**** Task inputs

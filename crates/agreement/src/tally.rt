// Counting senders: all that are heard, and those that support a log.
ghost use Rattle.std.specs.Prelude.{◌≡◌, ℕ, ◌≤◌, ◌<◌, ltb, get_or, ◌||◌};
ghost use Rattle.agreement.specs.Limits.{most_senders};
ghost use Rattle.agreement.specs.Sets.{count, member};
ghost use Rattle.agreement.specs.Record.{agreement_from};
ghost use Rattle.agreement.specs.Tally.{supporters_at};
ghost use Rattle.agreement.specs.Steps.{Passes, backs};

use super::logs::{Logs, readable};
use super::room::place_of;
use super::sets::{has, in_either, size};
use super::{MOST_SENDERS, Marks};
use message::MOST_BLOCKS;

// |S|: the senders in V or in E.
pub fn senders(g: Marks) -> usize
    ensures { (result ≡ count most_senders (λ i. member g.voters i || member g.equivocators i)) × (result ≤ most_senders) }
{
    size(in_either(g.voters, g.equivocators))
}

// Some sender passes the test. All are looked at, without a branch.
fn some_passes<F: Fn(usize) -> bool>(test: F) -> bool
    requires { (i : ℕ) → i < most_senders → F.pre test i }
    ensures { Passes (F.post test) most_senders result }
{
    let mut some = false;
    for i in 0..MOST_SENDERS {
        some = some | test(i);
    }
    some
}

// Some sender's number in the row is over l.
pub(crate) fn is_over(row: &[u8; 32], l: usize) -> bool
    ensures { result ≡ ltb 0 (count most_senders (λ i. ltb l (get_or row.now i 0))) }
{
    some_passes(|i| l < usize::from(row[i]))
}

// Some sender's number in one of three rows is over l. The largest of three is tested, not each.
pub fn are_over(a: &[u8; 32], b: &[u8; 32], c: &[u8; 32], l: usize) -> bool
    ensures { result ≡ (ltb 0 (count most_senders (λ i. ltb l (get_or a.now i 0)))
        || (ltb 0 (count most_senders (λ i. ltb l (get_or b.now i 0))) || ltb 0
        (count most_senders (λ i. ltb l (get_or c.now i 0))))) }
{
    some_passes(|i| l < usize::from(a[i].max(b[i]).max(c[i])))
}

impl<'a> Logs<'a> {
    // Sender j supports the k blocks at place a.
    fn is_behind(&self, g: Marks, among: u32, a: usize, k: usize, j: usize) -> bool
        requires { j < most_senders }
        ensures { result ≡ backs self.now.names.now self.now.counts.now self.now.base (agreement_from g self.now.lengths.now) among a k j }
    {
        let at = place_of(self.base, j);
        let blocks = usize::from(self.lengths[j]);
        let has_log = message::store::is_prefix(self.names, self.counts, a, k, at, blocks);
        (has(g.voters, j) & has(among, j)) & has_log
    }

    // How many do. Kept as a sum over all, without a branch.
    fn count_behind(&self, g: Marks, among: u32, a: usize, k: usize) -> usize
        ensures { (result ≡ count most_senders
            (backs self.now.names.now self.now.counts.now self.now.base (agreement_from g self.now.lengths.now) among a k)) × (result ≤ most_senders) }
    {
        let mut n = 0;
        for j in 0..MOST_SENDERS {
            n += usize::from(self.is_behind(g, among, a, k, j));
        }
        n
    }
}

// How many support the log of k blocks at sender i's place, those of `among` being the ones that may. 0 where there is no such
// log, or no grade is read: a length is over 64, or the lists lack room.
pub fn supporters(
    g: Marks,
    lengths: &[u8; 32],
    names: &[u64],
    counts: &[u16],
    base: u32,
    among: u32,
    i: u8,
    k: u8,
) -> usize
    ensures { (result ≡ supporters_at names.now counts.now base (agreement_from g lengths.now) among i k) ×
        (result ≤ most_senders) }
{
    if (MOST_SENDERS <= i as usize) | (MOST_BLOCKS < k as usize) {
        return 0;
    }
    let Some(logs) = readable(names, counts, lengths, base) else {
        return 0;
    };
    let a = place_of(base, i as usize);
    logs.count_behind(g, among, a, k as usize)
}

********

Check each line of the records for "those" and copy the ones that contain it.

Task solution -
// Counting senders: all that are heard, and those that support a log.
// How many support the log of k blocks at sender i's place, those of `among` being the ones that may. 0 where there is no such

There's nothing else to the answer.